//! Messages between the servers of a group.
use crate::{Entry, Slots, VoteLog};
use pf_base::{Sectors, ServerId, Slot, Term};

/// What a packet says.
#[derive(Drop)]
pub enum Body {
    /// A candidate with this checkpoint asks for a vote.
    RequestVote {
        base: Slot,
    },
    /// A vote, with what the voter holds.
    Vote(VoteLog),
    /// A leader proposes an entry of its term.
    Accept(Entry),
    /// The sender has the slot's entry of this term, or has applied all slots up to it; it has applied all up to `upto`.
    Ack {
        slot: Slot,
        upto: Slot,
    },
    /// The sender's term is higher than that of a packet that it got.
    Nack,
    /// The slot's entry of this term is chosen.
    Commit {
        slot: Slot,
    },
    /// A leader asks whether it still leads, for a read.
    Probe {
        number: u64,
    },
    /// The answer: the sender knows of no later leader.
    ProbeOk {
        number: u64,
        upto: Slot,
    },
    /// The sectors of a leader, with all slots up to `base` and those of `applied` in them.
    Image {
        base: Slot,
        applied: Slots,
        sectors: Sectors,
    },
}

/// A message from one server to another.
#[derive(Drop)]
pub struct Packet {
    pub from: ServerId,
    pub to: ServerId,
    pub term: Term,
    pub body: Body,
}
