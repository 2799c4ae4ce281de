//! The numbers and bytes that words spell.
ghost use Rattle.std.specs.Prelude.{◌≡◌};
ghost use Rattle.pf_script.specs.Values.{number_value as number_in, byte_value as byte_in};

use crate::LineFault;
use pf_text::{decimal, hex_byte};

/// The number that a word spells, below 2^64. Another word is `BadNumber` (21).
pub fn number(word: &[u8]) -> Result<u64, LineFault>
    ensures { result ≡ number_in word.now }
{
    decimal(word).ok_or(LineFault::BadNumber)
}

/// The byte that a word spells, of two hex digits. Another word is `BadNumber` (21).
pub fn byte(word: &[u8]) -> Result<u8, LineFault>
    ensures { result ≡ byte_in word.now }
{
    hex_byte(word).ok_or(LineFault::BadNumber)
}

> **Task statement**:
Show each line from the material above where the string "crate" can be found.

> **Output**:
use crate::{Entry, Slots, VoteLog};
use crate::LineFault;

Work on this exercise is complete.